Achieving high-temperature ferromagnetism by means of magnetic ions dimerization

TL;DR

This paper proposes a method to achieve high-temperature ferromagnetism in two-dimensional materials by dimerizing magnetic ions, demonstrated with Mn$_2$N$_6$C$_6$ monolayer showing near-room-temperature Curie temperature.

Contribution

The study introduces magnetic ion dimerization as a strategy to enhance exchange coupling and stabilize ferromagnetism in 2D materials, with a specific example of Mn$_2$N$_6$C$_6$.

Findings

Mn$_2$N$_6$C$_6$ monolayer exhibits ferromagnetism with a Curie temperature of 272.3 K.

Dimerization of Mn ions enhances exchange interactions and stabilizes ferromagnetism.

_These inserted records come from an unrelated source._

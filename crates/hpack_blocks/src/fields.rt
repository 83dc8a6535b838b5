ghost use Rattle.std.specs.Prelude.{◌≡◌};

use outside::Blob;
use std::marker::Model;

/// A header field.
#[derive(Drop)]
pub struct Field {
    /// Its name, in octets.
    pub name: Blob,
    /// Its value, in octets.
    pub value: Blob,
}

/// A list of header fields, in their order. Contracts see the list.
#[derive(Drop)]
pub struct FieldList {
    fields: Vec<Field>,
}

impl Model for FieldList {
    ghost use Rattle.std.specs.Prelude.{List};
    ghost use Rattle.hpack_blocks.specs.declared.fields.Field.{Field};

    ghost Value = { List Field };

    ghost view = { λ l. l.fields.items };
}

impl FieldList {
    /// The list of a vector's fields, without a copy.
    pub fn from_vec(fields: Vec<Field>) -> FieldList
        ensures { result ≡ fields.items }
    {
        FieldList { fields }
    }

    /// The fields.
    pub fn fields(&self) -> &[Field]
        ensures { result.now ≡ self.now }
    {
        self.fields.as_slice()
    }

    /// The fields as a vector, without a copy.
    pub fn into_vec(self) -> Vec<Field>
        ensures { result.items ≡ self }
    {
        self.fields
    }
}
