ghost use Rattle.std.specs.Prelude.{◌≡◌, ◌+◌, ◌-◌, ◌<◌, ◌≤◌, [], OnOk, IfOk, length, option_copied, slice_get};
ghost use Rattle.hpack_blocks.specs.Table.{Table, size_of, list_size, newest, resized, added};

use crate::fields::Field;
use crate::sizes::field_size;
use outside::Memory;
use std::alloc::Global;
use std::collections::VecDeque;
use std::marker::Model;

/// The largest maximum of the dynamic table's size, and the first one, in octets.
pub const MAX_TABLE_SIZE: u32 = 4096;

/// The most entries that a table can have: each counts 32 octets at least.
const MAX_ENTRIES: usize = 128;

/// The dynamic table (RFC 7541, section 2.3.2). Contracts see its maximum and its entries, the
/// newest first.
#[derive(Drop)]
pub struct DynamicTable {
    entries: VecDeque<Field>,
    size: u64,
    max: u64,
}

impl Model for DynamicTable {
    ghost use Rattle.std.specs.Prelude.{◌≡◌, ◌≤◌};
    ghost use Rattle.hpack_blocks.specs.Table.{Table, list_size};

    ghost Value = { Table };

    ghost view = { λ t. record { max = t.max; entries = t.entries.items } };

    ghost invariant = { λ t. (t.size ≡ list_size t.entries.items) × (t.size ≤ t.max) × (t.max ≤ 4096) };
}

/// Drops the oldest entries until the rest has room, and gives the size of the rest.
fn drop_oldest(entries: &mut VecDeque<Field>, size: u64, room: u64) -> u64
    requires { size ≡ list_size entries.old.items }
    ensures entries { entries.new.items ≡ newest room entries.old.items }
    ensures size { result ≡ list_size entries.new.items }
    ensures within { result ≤ room }
{
    let mut size = size;
    while size > room {
        let Some(oldest) = entries.pop_back() else {
            unreachable!();
        };
        size -= field_size(&oldest);
    }
    size
}

impl DynamicTable {
    /// An empty table of the first maximum, with room for all entries that it can have.
    pub fn new(alloc: Global) -> Result<DynamicTable, Memory>
        ensures { IfOk result (λ t. t ≡ record { max = 4096; entries = [] }) }
    {
        Ok(DynamicTable {
            entries: VecDeque::with_capacity(alloc, MAX_ENTRIES)?,
            size: 0,
            max: u64::from(MAX_TABLE_SIZE),
        })
    }

    /// The entry at a place, the newest at 0.
    pub fn get(&self, place: usize) -> Option<&Field>
        ensures { option_copied result ≡ slice_get self.now.entries place }
    {
        self.entries.get(place)
    }

    /// Sets the maximum, and drops the oldest entries until the rest fits.
    pub fn resize(&mut self, max: u32)
        requires { max ≤ 4096 }
        ensures { self.new ≡ resized self.old max }
    {
        self.max = u64::from(max);
        self.size = drop_oldest(&mut self.entries, self.size, self.max);
    }

    /// Adds a field, and drops the oldest entries until all fit. One that is larger than the maximum
    /// empties the table.
    pub fn add(&mut self, field: Field) -> Result<(), Memory>
        ensures { OnOk result (self.new ≡ added self.old field) }
    {
        let size = field_size(&field);
        if size > self.max {
            self.entries.clear();
            self.size = 0;
            return Ok(());
        }
        self.size = drop_oldest(&mut self.entries, self.size, self.max - size);
        self.entries.push_front(field)?;
        self.size += size;
        Ok(())
    }
}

The approach provides a pathway for designing high-temperature 2D ferromagnetic materials.

Abstract

Magnetic two-dimensional materials have potential application in next-generation electronic devices and have stimulated extensive interest in condensed matter physics and material fields. However, how to realize high-temperature ferromagnetism in two-dimensional materials remains a great challenge in physics. Herein, we propose an effective approach that the dimerization of magnetic ions in two-dimensional materials can enhance the exchange coupling and stabilize the ferromagnetism. Manganese carbonitride Mn$_2$N$_6$C$_6$ with a planar monolayer structure is taken as an example to clarify the method, in which two Mn atoms are gathered together to form a ferromagnetic dimer of Mn atoms and further these dimers are coupled together to form the overall ferromagnetism of the two-dimensional material. In Mn$_2$N$_6$C$_6$ monolayer, the near-room-temperature ferromagnetism with the Curie temperature of 272.3 K is determined by solving Heisenberg model using Monte Carlo simulations method.